Notes on the Geography of Sri Lanka: Kandy: British Institutions
Call it "soft" infrastructure, but the institutions of government were as durable--more durable--than tracks and asphalt.
A closeup of the Kandy coat-of-arms. It says something about the effects of a long-running civil war that a camera pointed at what should be a symbol of civic pride triggers immediate police intervention: "no photo."
The High Court building of 1887--retired in 2005 and replaced by a big new building very inconveniently located half way to Peradeniya.
After hours: nobody around except (to the right of the camera) a chained line of prisoners.
Interior of high court.
The judge's view in the same district court. The "room" closely follows the form of the Kandyan magulmaduva, or council chamber: heavy tiled roof, carved columns, no walls in this ever-warm climate.
You can date the Sinhalization of the judicial system from this list.
Across the street from the courts: barrister's offices.
Plenty of room for more.
Enter the building and there are courtyards plastered with more shingles.
Next door: the remand prison.
Adjacent to the railway station (a modern structure, replacing the colonial one) is the old railroad hotel.
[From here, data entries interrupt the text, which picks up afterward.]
ghost use Rattle.std.specs.Prelude.{◌≡◌, ℕ, ◌+◌, ◌*◌, ◌<◌, ◌≤◌, ◌^◌, length, IfOk, false};
ghost use Rattle.pre_bound.specs.Solutions.{least_growth};
ghost use Rattle.pre_bound.specs.Uses.{rate_of, cost_at};
ghost use Rattle.pre_bound.specs.Good.{AtPorts, IsStream};
ghost use Rattle.pre_certify.specs.Tables.{AreWithin};
ghost use Rattle.pre_streams.specs.declared.rows.Row.{Row};
ghost use Rattle.pre_rounds.specs.Rounds.{declared, next_bursts};
ghost use Rattle.pre_rounds.specs.Passing.{passes_over};
ghost use Rattle.pre_rounds.specs.Settling.{SameBursts};
ghost use Rattle.pre_rounds.specs.Routed.{AreRouted, AreShort};
ghost use Rattle.pre_rounds.specs.Tables.{bursts_in, AreDelays};

use pre_base::{ArcId, Items};
use pre_bound::grown;
use pre_certify::{burst_of, cost_at, delay_at, rate_of};
use pre_streams::Row;
use pre_topo::Network;
use std::alloc::{AllocError, Global};

/// A route has at most so many hops.
const HOPS: usize = 16;

/// The burst of a row at a hop, from the table of sixteen for each row.
pub(crate) fn burst_at(bursts: &[u64], stream: usize, hop: usize) -> u64
    requires within { AreWithin bursts.now }
    requires stream { stream ≤ 512 }
    requires hop { hop ≤ 16 }
    ensures burst { result ≡ bursts_in bursts.now stream hop }
    ensures small { result ≤ 10 ^ 12 }
{
    match bursts.get(stream * HOPS + hop) {
        Some(burst) => *burst,
        None => 0,
    }
}

/// The table of the declared bursts.
pub(crate) fn first_table(alloc: Global, rows: &[Row]) -> Result<Items<u64>, AllocError>
    requires few { length rows.now ≤ 512 }
    requires short { AreShort rows.now }
    ensures within { IfOk result (λ table. AreWithin table) }
    ensures same { IfOk result (λ table. SameBursts rows.now (bursts_in table) (declared rows.now)) }
{
    let mut table = Items::new(alloc);
    for place in 0..rows.len() * HOPS {
        table.push(burst_of(&rows[place / HOPS]))?;
    }
    Ok(table)
}

/// The burst behind a hop with this burst and delay, which doesn't pass the limit where it is due.
fn grown_behind(net: &Network, row: &Row, arc: ArcId, burst: u64, delay: u64) -> u64
    requires burst { burst ≤ 10 ^ 12 }
    requires delay { delay ≤ 10 ^ 12 }
    ensures within { result ≤ 10 ^ 12 }
    ensures grown { least_growth burst (rate_of row.now) delay (cost_at net.now arc.0) ≤ 10 ^ 12 → result ≡ least_growth burst (rate_of row.now) delay (cost_at net.now arc.0) }
{
    grown(burst, rate_of(row), delay, cost_at(net, arc)).unwrap_or(0)
}

/// The burst of a row at a hop in the next round.
fn next_burst(
    net: &Network,
    rows: &[Row],
    bursts: &[u64],
    delays: &[u64],
    stream: usize,
    hop: usize,
) -> u64
    requires routed { AreRouted net.now rows.now }
    requires bursts { AreWithin bursts.now }
    requires delays { AreDelays net.now rows.now (bursts_in bursts.now) delays.now }
    requires small { AtPorts net.now rows.now (λ arc prio. passes_over net.now rows.now (bursts_in bursts.now) arc prio ≡ false) }
    requires stream { stream < length rows.now }
    requires hop { hop < 16 }
    ensures within { result ≤ 10 ^ 12 }
    ensures next { (r : Row) → IsStream rows.now stream r → hop < length r.arcs → result ≡ next_bursts net.now rows.now (bursts_in bursts.now) stream hop }
{
    let row = &rows[stream];
    if hop == 0 {
        return burst_of(row);
    }
    match row.arcs.as_slice().get(hop - 1) {
        Some(arc) => grown_behind(
            net,
            row,
            *arc,
            burst_at(bursts, stream, hop - 1),
            delay_at(delays, *arc, row.prio),
        ),
        None => 0,
    }
}

/// The table of the next round.
pub(crate) fn next_table(
    alloc: Global,
    net: &Network,
    rows: &[Row],
    bursts: &[u64],
    delays: &[u64],
) -> Result<Items<u64>, AllocError>
    requires routed { AreRouted net.now rows.now }
    requires bursts { AreWithin bursts.now }
    requires delays { AreDelays net.now rows.now (bursts_in bursts.now) delays.now }
    requires small { AtPorts net.now rows.now (λ arc prio. passes_over net.now rows.now (bursts_in bursts.now) arc prio ≡ false) }
    ensures within { IfOk result (λ table. AreWithin table) }
    ensures same { IfOk result (λ table. SameBursts rows.now (bursts_in table) (next_bursts net.now rows.now (bursts_in bursts.now))) }
{
    let mut table = Items::new(alloc);
    for place in 0..rows.len() * HOPS {
        table.push(next_burst(net, rows, bursts, delays, place / HOPS, place % HOPS))?;
    }
    Ok(table)
}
Many years ago, it was taken over for use as the town's post office.
It's still used by the postal service for sorting, but public services have been shifted to a newer building..
Another echo of the magulmaduva or royal council chamber. This is the chapel of Trinity College, established as an Anglican missionary school in 1872 and still going strong.
The chapel was completed in 1935, though it originally had a metal roof. The design was by the school's vice principal, Reverend Gaster.
The gateway to another British school, Kingswood College, established by Louis Edmund Blaze, who had taught at Trinity College, been disillusioned by its strict discipline, and after stints in Calcutta and Lahore returned to Kandy to open his own school--Boy's School--in 1891. Short of funds, he turned it over to the Methodist Church, but in 1897 it became a government-supported school. A year later it took the name Kingswood College, and in 1925 it moved to its present location, midway between Kandy and Peradeniya.
One of the first Kingswood College buildings.
Once located on the esplanade, this statue now lies behind the strictly guarded gates of a military area.
The figure comes from the Boer War and shows a member of the Ceylon Planters' Rifle Corps.